## PROBLEM TO WORK ON
When the word "fields" shows up in a line of the data below, copy that whole line.

(Stored items)
===
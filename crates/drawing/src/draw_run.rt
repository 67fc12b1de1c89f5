//! Runs a script, and draws what happens.

ghost use Rattle.std.specs.Prelude.{◌≡◌, ◌≤◌, ◌+◌, ◌*◌, ◌↔◌, ℕ, IfOk, IfSome, IsTrue, List, MatchOption, Ok, Result, Some, true};
ghost use Rattle.text.specs.Words.{words_of};
ghost use Rattle.script.specs.Answered.{HasFewVisits};
ghost use Rattle.script.specs.Responses.{responses_to};
ghost use Rattle.wire_time.specs.Moment.{greatest_lead};
ghost use Rattle.drawing.specs.Words.{installs, settled, answers_to, IsSoundPort, greatest_moment, Command, script_left, IsReader, TcFault, reading_of, tc_request, seen_at, ForSomeBands, IsDrawnFrom, MOST_SHAPES, bands_to, course_on, last_moment, picture_after, port_on, seen_by};
ghost use Rattle.text.specs.Script.{script_of};
ghost use Rattle.abstract_port.specs.AbstractPort.{new_port};
ghost use Rattle.text.specs.Writes.{Writes};
ghost use Rattle.wire_time.specs.Wire.{lead_of};
ghost use Rattle.drawing.specs.Followed.{BandsAtEnd, BandsBy, BandsOn, BandsShown, EndBands, FollowedAndEnded, IsFollowed, first_bands, MayBegin, MayGo, Shows, given, given_to};
ghost use Rattle.drawing.specs.declared.options.DrawOptions.{DrawOptions};
ghost use Rattle.drawing.specs.Picture.{fitted_text};
ghost use Rattle.drawing.specs.PictureEnd.{end_text, first_course, page_of, shown_text};
ghost use Rattle.drawing.specs.declared.page.TheConstants.{WIRE};
ghost use Rattle.abstract_port.specs.declared.Event.TheVariants.{Clock, Install};
ghost use Rattle.drawing.specs.Course.{asked_at, class_at, cycle_at, cycle_in, ended_at, no_command};

use crate::course::{Asked, Course};
use crate::drawn::{Drawn, new_drawn};
use crate::options::DrawOptions;
use crate::page::Page;
use crate::scope::Scope;
use crate::svg::put_picture;
use crate::view::View;
use crate::view_fit::fit;
use abstract_port::separation::settling;
use abstract_port::{Answer, Command, Event, Refused};
use picture::{Bands, Viewport, cycle_of};
use port_text::answer_text::WriteFault;
use port_text::tc_reader::CommandPlace;
use script::{Failure, RunFault, RunningPort, Settings, Watch, read_tc_into, walk};
use std::alloc::{AllocError, Allocator, Global};
use std::io::{Read, Write};
use text::line_reader::LineReader;
use wire_time::{MAX_MOMENT, Rate, lead};

/// The class of a frame that comes.
fn class_at<A: Allocator>(port: &RunningPort<A>, event: &Event<'_>) -> Option<u8>
    ensures { result ≡ class_at event.now port.now.port }
{
    match event {
        Event::Arrive(frame) => port.class_for(frame.priority),
        _ => None,
    }
}

/// How long the cycle of a command's schedule is, in picoseconds.
fn cycle_in(command: &Command) -> Option<u128>
    ensures { result ≡ cycle_in command.now }
{
    match command {
        Command::Delete => None,
        Command::Replace(change) => Some(cycle_of(change)),
    }
}

/// How long the cycle of a schedule is that is given, in picoseconds.
fn cycle_at(event: &Event<'_>) -> Option<u128>
    ensures { result ≡ cycle_at event.now }
{
    match event {
        Event::Install(command) => cycle_in(command),
        _ => None,
    }
}

/// What an event says beside its answers.
fn asked_at<A: Allocator>(port: &RunningPort<A>, event: &Event<'_>) -> Asked
    ensures { result ≡ asked_at event.now port.now.port }
{
    Asked {
        class: class_at(port, event),
        cycle: cycle_at(event),
    }
}
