// Words and records, put into bytes.
ghost use Rattle.std.specs.Prelude.{◌≡◌, ◌+◌, ◌*◌, ◌≤◌, length};
ghost use Rattle.std.specs.List.{flat_map};
ghost use Rattle.records.specs.Words.{bytes_of, spell};
ghost use Rattle.writing.specs.inside.Putting.{placed};

use records::record::Record;

#[tactic(auto, using(crate::proofs::Placing::word_placed), unfolding(crate::specs::inside::Putting::placed))]
fn put_word(out: &mut [u8], at: usize, word: u32)
    requires { at + 4 ≤ length out.old }
    ensures { out.new ≡ placed out.old at (bytes_of word) }
{
    out[at..at + 4].copy_from_slice(&word.to_le_bytes());
}

#[tactic(auto, using(crate::proofs::Placing::placed_none, crate::proofs::Placing::word_more, crate::proofs::Placing::all_words))]
pub(crate) fn put_words(out: &mut [u8], at: usize, words: &[u32])
    requires { at + 4 * length words.now ≤ length out.old }
    ensures { out.new ≡ placed out.old at (spell words.now) }
{
    for (k, word) in words.iter().enumerate() {
        put_word(out, at + 4 * k, *word);
    }
}

// Puts the records one after another. `at` runs on: chunks of `out` in a zip would be written through an adapter that no proof sees through.
pub(crate) fn put_list<R: Record<N>, const N: usize>(out: &mut [u8], start: usize, records: &[R])
    requires { start + 4 * (N * length records.now) ≤ length out.old }
    ensures { out.new ≡ placed out.old start (spell (flat_map R.spelt records.now)) }
{
    let mut at = start;
    for record in records {
        put_words(out, at, &record.write());
        at += 4 * N;
    }
}
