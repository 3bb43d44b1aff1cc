//! The image of a module's lists, written.
#![tactic(auto)]

ghost use Rattle.std.specs.Prelude.{◌≡◌, ◌≤◌, ◌++◌, length, drop};
ghost use Rattle.records.specs.Words.{spell};
ghost use Rattle.header.specs.Header.{starts_of, end_at};
ghost use Rattle.parts.specs.Content.{content, lengths, viewed};
ghost use Rattle.writing.specs.Image.{image_of, Written, header_words, list_words};
ghost use Rattle.writing.specs.inside.Putting.{placed};

use crate::putting::{put_list, put_words};
use header::header::Header;
use header::starts::Starts;
use parts::lists::Lists;
use parts::parts::Parts;

mod putting;

// Fewer bytes than the image has.
#[derive(Clone, Copy, PartialEq, Eq)]
pub struct TooShort;

fn header_words(header: Header) -> [u32; 15]
    ensures { result ≡ header_words header.memory header.depth header.counts }
{
    let (n, at) = (header.counts(), header.starts());
    [
        1,
        header.memory(),
        header.depth(),
        at.types as u32,
        n.types as u32,
        at.fields as u32,
        n.fields as u32,
        at.globals as u32,
        n.globals as u32,
        at.locals as u32,
        n.locals as u32,
        at.functions as u32,
        n.functions as u32,
        at.code as u32,
        n.code as u32,
    ]
}

// Puts the six lists where they start.
fn put_lists(out: &mut [u8], at: Starts, lists: Lists)
    requires starts { at ≡ starts_of (lengths (viewed lists)) }
    requires fits { end_at (lengths (viewed lists)) ≤ length out.old }
    ensures { out.new ≡ placed out.old 60 (spell (list_words (viewed lists.entry))) }
{
    put_list(out, at.types, lists.types);
    put_list(out, at.fields, lists.fields);
    put_list(out, at.globals, lists.globals);
    put_list(out, at.locals, lists.locals);
    put_list(out, at.functions, lists.functions);
    put_list(out, at.code, lists.code);
}

// Puts the image into bytes that are enough.
#[tactic(auto, using(crate::proofs::Whole::length_image))]
fn put_image(out: &mut [u8], parts: &Parts)
    requires { length (image_of (content parts.now)) ≤ length out.old }
    ensures { out.new ≡ image_of (content parts.now) ++ drop (length (image_of (content parts.now))) out.old }
{
    let header = parts.header();
    put_words(out, 0, &header_words(header));
    put_lists(out, header.starts(), parts.lists());
}

// Puts the image at the start of `out` and answers its length.
#[tactic(auto, using(crate::proofs::Whole::length_image))]
pub fn write_image(parts: &Parts, out: &mut [u8]) -> Result<usize, TooShort>
    ensures { Written (image_of (content parts.now)) out.old out.new result }
{
    let end = parts.header().starts().end;
    if out.len() < end {
        return Err(TooShort);
    }
    put_image(out, parts);
    Ok(end)
}
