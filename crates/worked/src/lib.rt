//! The worked cases, proved from the definitions that the contracts cite.
#![tactic(auto)]

ghost use Rattle.std.specs.Prelude.{◌≡◌};
ghost use Rattle.worked.specs.Worked.{Met, Worked};

// How many worked cases there are; and that there is what their premises ask for.
#[tactic(auto, using(crate::proofs::Shown::worked, crate::proofs::Instances::met))]
pub fn cases() -> usize
    ensures count { result ≡ 10 }
    ensures worked { Worked }
    ensures met { Met }
{
    10
}
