//! Selections by functions of two arguments.

ghost use Rattle.std.specs.Prelude.{◌≡◌, ◌≤◌, ◌<◌, ◌-◌, false, length, Some, None, slice_get, OnOk, IfOk, IfErr};
ghost use Rattle.array_store.specs.Follows.{Holds, none};
ghost use Rattle.drag_along.specs.Nodes.{functions_in};
ghost use Rattle.drag_along.specs.Segments.{SegmentView};
ghost use Rattle.value_stack.specs.Stacks.{named_on, entries, IsLawfulStack};
ghost use Rattle.apl_model_laws.specs.Lawful.{IsOrigin};
ghost use Rattle.apl_compile.specs.declared.codes.Op.TheVariants.{Dya};
ghost use Rattle.pending_steps.specs.Shapes.{shapes_of, second_shape};
ghost use Rattle.pending_steps.specs.Steps.{Moves, IsNotComputed};
ghost use Rattle.leaf_steps.specs.Origins.{IsHaltedFrom};
ghost use Rattle.selection_choices.specs.Choices.{SelectsTwo};
ghost use Rattle.selecting_steps.specs.Chosen.{ChoosesByNewest, ErrsByNewest, SelectsOrTakesMore, ReachesSelected};

use crate::entries::choose_second;
use apl_base::{Cell, ErrorKind, Place};
use apl_model::DyaFn;
use array_store::Store;
use pending_steps::{Halt, compute_entry, settle_entries};
use selection_choices::{Choice, choose_two};
use std::alloc::Global;
use value_stack::Stack;

/// `A⍉B`, `A↑B` or `A↓B` of the two newest entries, the left argument the newest, where it is a selection: it goes
/// through all functions of the right one, and no element of that is computed, but where it may fail: then every entry
/// that may fail is computed before, the oldest first, as it is where the left one has functions. The error of the
/// function comes after the fault of any entry. It answers false where counts are taken that don't fit: then all entries
/// mean what they meant.
pub fn select_fitting(
    alloc: Global,
    f: DyaFn,
    place: Place,
    origin: Cell,
    stack: &mut Stack,
    store: &mut Store,
) -> Result<bool, Halt>
    requires selects { SelectsTwo f }
    requires origin { IsOrigin origin }
    requires operands { 2 ≤ length stack.old }
    requires lawful { IsLawfulStack store.old stack.old }
    requires held { Holds store.old (named_on stack.old) }
    ensures step { IfOk result (λ selected.
        SelectsOrTakesMore origin f place (second_shape stack.old) selected
        (entries store.old stack.old) (entries store.new stack.new)) }
    ensures moves { ReachesSelected result
        (Moves store.old store.new stack.old stack.new none none) }
    ensures length { IfOk result (λ selected. selected ≡ false
        → length stack.new ≡ length stack.old) }
    ensures halted { IfErr result (IsHaltedFrom origin (record { place = place; op = Dya f }) 2
        store.old.limit (entries store.old stack.old)) }
    ensures limit { store.new.limit ≡ store.old.limit }
{
    make_ready(alloc, stack, store)?;
    let choice = match choice_of_second(f, origin, stack, store) {
        Ok(choice) => choice,
        Err(kind) => return Err(refuse(alloc, f, kind, place, origin, stack, store)),
    };
    let Some(choice) = choice else {
        return Ok(false);
    };
    choose_second(&choice, stack, store)?;
    Ok(true)
}

// The newest entry has no functions, so that it is a leaf, and the one below it can't fail.
fn make_ready(alloc: Global, stack: &mut Stack, store: &mut Store) -> Result<(), Halt>
    requires operands { 2 ≤ length stack.old }
    requires lawful { IsLawfulStack store.old stack.old }
    requires held { Holds store.old (named_on stack.old) }
    ensures leaf { OnOk result ((s : SegmentView)
        → slice_get stack.new (length stack.new - 1) ≡ Some s → functions_in s.nodes ≡ 0) }
    ensures safe { OnOk result ((s : SegmentView)
        → slice_get stack.new (length stack.new - 2) ≡ Some s → s.may_fail ≡ false) }
    ensures halted { IfErr result
        (IsNotComputed store.old.limit (entries store.old stack.old)) }
    ensures means { entries store.new stack.new ≡ entries store.old stack.old }
    ensures moves { Moves store.old store.new stack.old stack.new none none }
    ensures shapes { OnOk result (shapes_of stack.new ≡ shapes_of stack.old) }
    ensures length { length stack.new ≡ length stack.old }
{
    let newest = stack.len() - 1;
    compute_entry(alloc, newest, stack, store)?;
    if stack.entry(newest - 1).may_fail {
        settle_entries(alloc, stack, store)?;
    }
    Ok(())
}

// What the function makes of the entry below the newest one, which is a leaf. Its numbers are read.
fn choice_of_second(
    f: DyaFn,
    origin: Cell,
    stack: &Stack,
    store: &mut Store,
) -> Result<Option<Choice>, ErrorKind>
    requires selects { SelectsTwo f }
    requires origin { IsOrigin origin }
    requires operands { 2 ≤ length stack.now }
    requires lawful { IsLawfulStack store.old stack.now }
    requires held { Holds store.old (named_on stack.now) }
    requires leaf { (s : SegmentView)
        → slice_get stack.now (length stack.now - 1) ≡ Some s → functions_in s.nodes ≡ 0 }
    ensures chooses { IfOk result (ChoosesByNewest origin f (second_shape stack.now)
        (entries store.old stack.now)) }
    ensures refused { IfErr result (ErrsByNewest origin f (second_shape stack.now)
        (entries store.old stack.now)) }
    ensures means { entries store.new stack.now ≡ entries store.old stack.now }
    ensures moves { Moves store.old store.new stack.now stack.now none none }
{
    let newest = stack.len() - 1;
    let Some(left) = stack.entry(newest).only_leaf() else {
        unreachable!()
    };
    choose_two(f, origin, left, &stack.entry(newest - 1).shape, store)
}

// The error of the function, after the fault of any entry.
fn refuse(
    alloc: Global,
    f: DyaFn,
    kind: ErrorKind,
    place: Place,
    origin: Cell,
    stack: &mut Stack,
    store: &mut Store,
) -> Halt
    requires operands { 2 ≤ length stack.old }
    requires lawful { IsLawfulStack store.old stack.old }
    requires held { Holds store.old (named_on stack.old) }
    requires errs { ErrsByNewest origin f (second_shape stack.old)
        (entries store.old stack.old) kind }
    ensures halted { IsHaltedFrom origin (record { place = place; op = Dya f }) 2
        store.old.limit (entries store.old stack.old) result }
    ensures moves { Moves store.old store.new stack.old stack.new none none }
{
    match settle_entries(alloc, stack, store) {
        Ok(()) => Halt::Error { kind, place },
        Err(halt) => halt,
    }
}
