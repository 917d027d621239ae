//! Where evaluation stands while expressions are pending, and how an instruction moves it. Each function does nothing:
//! its contract is a law.
#![tactic(auto)]

mod growing;
mod laws;
mod statements;

pub use growing::code_grows;
pub use laws::{instructions_stand, joins_stand, stands_are_lists};
pub use statements::{statements_have_codes, statements_stand_alone};
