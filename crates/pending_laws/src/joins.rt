//! Joins are lifts.
ghost use Rattle.pending_laws.specs.Joins.{OneIsTheLift, TwoAreTheLift, OneFaultIsDomain, TwoFaultsAreDomain};

/// A join of arrays of one shape means what the lift of its function gives: the lift's array, or a fault at the
/// function's place exactly where the lift is a DOMAIN ERROR. The lift has no other error there.
pub fn joins_are_lifts()
    ensures one { OneIsTheLift }
    ensures two { TwoAreTheLift }
    ensures one_domain { OneFaultIsDomain }
    ensures two_domain { TwoFaultsAreDomain }
{}
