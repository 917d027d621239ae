//! Entries that give way to what is made of them.

ghost use Rattle.std.specs.Prelude.{◌≡◌, ℕ, ◌-◌, ◌<◌, ◌≤◌, false, length, Some, slice_get, OnOk, IfErr};
ghost use Rattle.array_store.specs.Stores.{IsStore};
ghost use Rattle.array_store.specs.Follows.{Holds, none};
ghost use Rattle.drag_along.specs.Segments.{SegmentView};
ghost use Rattle.value_stack.specs.Stacks.{named_on, entries, IsLawfulStack};
ghost use Rattle.pending_steps.specs.Shapes.{shapes_of, newest_shape, second_shape};
ghost use Rattle.pending_steps.specs.Steps.{Moves, IsNotComputed};
ghost use Rattle.selection_choices.specs.Choices.{ChoiceFits};
ghost use Rattle.selecting_steps.specs.Chosen.{ChoosesNewest, ChoosesSecond, LetsGo};

use apl_base::NoMemory;
use array_store::Store;
use pending_steps::{Halt, settle_entries};
use selection_choices::Choice;
use std::alloc::Global;
use value_stack::Stack;

/// The newest entry can't fail afterwards: where it may, every entry that may fail is computed, the oldest first.
pub fn make_safe(alloc: Global, stack: &mut Stack, store: &mut Store) -> Result<(), Halt>
    requires operand { 0 < length stack.old }
    requires lawful { IsLawfulStack store.old stack.old }
    requires held { Holds store.old (named_on stack.old) }
    ensures safe { OnOk result ((s : SegmentView)
        → slice_get stack.new (length stack.new - 1) ≡ Some s → s.may_fail ≡ false) }
    ensures halted { IfErr result
        (IsNotComputed store.old.limit (entries store.old stack.old)) }
    ensures means { entries store.new stack.new ≡ entries store.old stack.old }
    ensures moves { Moves store.old store.new stack.old stack.new none none }
    ensures shapes { OnOk result (shapes_of stack.new ≡ shapes_of stack.old) }
    ensures length { length stack.new ≡ length stack.old }
{
    let newest = stack.len() - 1;
    if stack.entry(newest).may_fail {
        settle_entries(alloc, stack, store)?;
    }
    Ok(())
}

/// The newest entry, which can't fail, gives way to what a choice makes of it.
pub fn choose_newest(choice: &Choice, stack: &mut Stack, store: &Store) -> Result<(), NoMemory>
    requires operand { 0 < length stack.old }
    requires lawful { IsLawfulStack store.now stack.old }
    requires safe { (s : SegmentView)
        → slice_get stack.old (length stack.old - 1) ≡ Some s → s.may_fail ≡ false }
    requires fits { ChoiceFits choice.now (newest_shape stack.old) }
    ensures chosen { OnOk result (ChoosesNewest choice.now (newest_shape stack.old)
        (entries store.now stack.old) (entries store.now stack.new)) }
    ensures lawful { OnOk result (IsLawfulStack store.now stack.new) }
    ensures leaves { OnOk result ((key : ℕ) → named_on stack.new key ≡ named_on stack.old key) }
{
    let Some(mut newest) = stack.pop() else {
        unreachable!()
    };
    // It tells the proof that it is a segment.
    let _functions = newest.functions();
    choice.make(&mut newest);
    stack.push(newest)
}

/// The newest entry goes, and the one below it, which can't fail, gives way to what a choice makes of it.
pub fn choose_second(choice: &Choice, stack: &mut Stack, store: &mut Store) -> Result<(), NoMemory>
    requires operands { 2 ≤ length stack.old }
    requires lawful { IsLawfulStack store.old stack.old }
    requires held { Holds store.old (named_on stack.old) }
    requires safe { (s : SegmentView)
        → slice_get stack.old (length stack.old - 2) ≡ Some s → s.may_fail ≡ false }
    requires fits { ChoiceFits choice.now (second_shape stack.old) }
    ensures chosen { OnOk result (ChoosesSecond choice.now (second_shape stack.old)
        (entries store.old stack.old) (entries store.new stack.new)) }
    ensures moves { OnOk result (Moves store.old store.new stack.old stack.new none none) }
    ensures limit { store.new.limit ≡ store.old.limit }
{
    let_newest_go(stack, store);
    choose_newest(choice, stack, store)
}

// The newest entry is let go. The others stay, and mean what they meant.
fn let_newest_go(stack: &mut Stack, store: &mut Store)
    requires operand { 0 < length stack.old }
    requires lawful { IsLawfulStack store.old stack.old }
    requires held { Holds store.old (named_on stack.old) }
    ensures goes { LetsGo store.old store.new stack.old stack.new }
    ensures moves { Moves store.old store.new stack.old stack.new none none }
{
    let Some(newest) = stack.pop() else {
        unreachable!()
    };
    newest.release(store);
}
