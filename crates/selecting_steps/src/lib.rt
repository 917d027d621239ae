//! The machine's steps that are selections: they change the descriptors of what is pending, through as many joined
//! functions as there are, and compute no element.
#![tactic(auto)]

mod entries;
mod ones;
mod twos;

pub use ones::select_one;
pub use twos::select_fitting;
===
## RESPONSE BELOW
        at.fields as u32,
        n.fields as u32,
    put_list(out, at.fields, lists.fields);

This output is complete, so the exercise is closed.